Does the Mac have an edge against state-sponsored hacking?

03.08.2011

In many APT attacks, the hackers first break into social media accounts belonging to friends of their victims. They mine them for information, and then use these accounts to send very realistic looking messages to people working within the company they want to hit. If they can trick an employee into downloading software or visiting a website laden with attack code, they can get a foothold in the network.

It's the next step -- moving around the network and getting access to corporate secrets -- that's tricky. And that's where Apple is at a disadvantage, according to the iSec research.

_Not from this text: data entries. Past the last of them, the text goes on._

//! The values of copies (XForms 1.1, section 8.1.1): that of the bound node, or of an output's expression where there is a context node.

ghost use Rattle.std.specs.Prelude.{◌≡◌, ◌≤◌, None, Some, length, option_map};
ghost use Rattle.std.specs.Bool.{OnTrue};
ghost use Rattle.xf_base.specs.Limits.{string_limit};
ghost use Rattle.xf_def_values.specs.Bounded.{GivesBounded};
ghost use Rattle.xf_def_forest.specs.Forest.{IsLive};
ghost use Rattle.xf_def_forest.specs.Visit.{visits};
ghost use Rattle.xf_def_xpath.specs.Meaning.{meaning};
ghost use Rattle.xf_eval.specs.Live.{AroundStands};
ghost use Rattle.xf_def_ui.specs.Around.{alone};
ghost use Rattle.xf_def_ui.specs.Copies as copies;
ghost use Rattle.xf_def_ui.specs.Interface.{sort_of};
ghost use Rattle.xf_form_elements.specs.Bound.{seen_bound};
ghost use Rattle.xf_controls.specs.Seen.{IsThere, number};
ghost use Rattle.xf_controls.specs.Renewed.{value_over};
ghost use Rattle.xf_controls.specs.Surrounded.{around_in, printed_from, string_in};

use crate::binding::context_at;
use crate::element::printed_in;
use std::alloc::Global;
use xf_base::limits::STRING_LIMIT;
use xf_def_forest::NodeId;
use xf_def_syntax::{Expr, Kind, Tables};
use xf_eval::{Around, EvalFault, text_of, value_at};
use xf_form_elements::Bound;
use xf_name::Word;
use xf_tree::Forest;

/// The value of what binds a node: `None` is no value.
pub(crate) fn value_of<A: Around>(
    alloc: Global,
    forest: &Forest,
    tables: &Tables,
    around: &A,
    model: u32,
    kind: &Kind,
    binding: Bound<'_>,
    focus: Option<NodeId>,
    node: Option<NodeId>,
) -> Result<Option<Word>, EvalFault>
    requires around { AroundStands (A.given around.now) forest.now.forest.nodes }
    requires focus { IsThere focus forest.now.forest.nodes }
    requires node { IsThere node forest.now.forest.nodes }
    ensures { GivesBounded EvalFault.Memory EvalFault.Long (λ value. value) result (copies.value_by (around_in (A.given around.now) tables.now forest.now.forest.nodes) (record { model = model; focus = option_map (λ n. alone n.number) focus }) (seen_bound binding.entry) (sort_of kind.now) (option_map number node)) }
{
    match node {
        Some(node) => Ok(Some(string_of(forest, node)?)),
        None => match binding {
            Bound::Unbound => value_printed(alloc, forest, around, model, printed_in(kind), focus),
            _ => Ok(None),
        },
    }
}

/// The value of a copy that binds this node: without a node it has none.
pub(crate) fn value_over(forest: &Forest, node: Option<NodeId>) -> Result<Option<Word>, EvalFault>
    requires { IsThere node forest.now.forest.nodes }
    ensures { GivesBounded EvalFault.Memory EvalFault.Long (λ value. value) result (value_over forest.now.forest.nodes (option_map number node)) }
{
    match node {
        Some(node) => Ok(Some(string_of(forest, node)?)),
        None => Ok(None),
    }
}

/// Whether this is the value of a copy that binds this node, told without memory. That it may not be promises nothing.
pub(crate) fn has_value(forest: &Forest, node: Option<NodeId>, value: &Option<Word>) -> bool
    requires { IsThere node forest.now.forest.nodes }
    ensures { OnTrue result (value_over forest.now.forest.nodes (option_map number node) ≡ Some value.now) }
{
    match node {
        Some(node) => match value {
            Some(text) => has_text(forest, node, text),
            None => false,
        },
        None => value.is_none(),
    }
}

/// Whether the string value of a node is this one, and stands in one piece.
fn has_text(forest: &Forest, node: NodeId, text: &Word) -> bool
    requires { IsLive node.number forest.now.forest }
    ensures { OnTrue result (string_in forest.now.forest.nodes node.number ≡ Some text.now) }
{
    match forest.whole_value(node) {
        Some(whole) => is_short(whole) && text.is(whole),
        None => false,
    }
}

/// Whether a string is not too long.
fn is_short(text: &str) -> bool
    ensures { OnTrue result (length text.now ≤ string_limit) }
{
    text.len() <= STRING_LIMIT as usize
}

/// The string value of a node.
fn string_of(forest: &Forest, node: NodeId) -> Result<Word, EvalFault>
    requires { IsLive node.number forest.now.forest }
    ensures { GivesBounded EvalFault.Memory EvalFault.Long (λ text. text) result (string_in forest.now.forest.nodes node.number) }
{
    match forest.string_value(node, STRING_LIMIT)? {
        Some(text) => Ok(text),
        None => Err(EvalFault::Long),
    }
}

/// The text of an expression, where one is written and there is a context node.
fn value_printed<A: Around>(
    alloc: Global,
    forest: &Forest,
    around: &A,
    model: u32,
    expr: Option<&Expr>,
    focus: Option<NodeId>,
) -> Result<Option<Word>, EvalFault>
    requires around { AroundStands (A.given around.now) forest.now.forest.nodes }
    requires focus { IsThere focus forest.now.forest.nodes }
    ensures { GivesBounded EvalFault.Memory EvalFault.Long (λ value. value) result (printed_from (A.given around.now) forest.now.forest.nodes model (option_map (λ e. meaning e.now) expr.entry) (option_map number focus)) }
{
    let Some(expr) = expr else {
        return Ok(None);
    };
    let Some(focus) = focus else {
        return Ok(None);
    };
    let value = value_at(alloc, forest, around, expr, &context_at(model, focus))?;
    Ok(Some(text_of(alloc, forest, &value, around.decimals())?))
}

Mac users have been pretty well insulated from APT attacks to date. Rob Lee, a director with computer investigations firm Mandiant says he's never seen a Mac compromised during his investigations. They simply aren't targets because they aren't widely used in the enterprise customers that Mandiant typically investigates, he said Wednesday. In fact, when a customer comes to Mandiant after its been hacked, Lee often recommends that executives go out and buy a Macintosh so that they can continue to do company business with less risk of re-infection.

Security experts at Black Hat this week agree that these targeted hacking attacks are unparalleled and extremely widespread. On Tuesday, McAfee saying that it had uncovered evidence of a sophisticated hacking operation that had broken into systems at more than 70 companies over the past five years.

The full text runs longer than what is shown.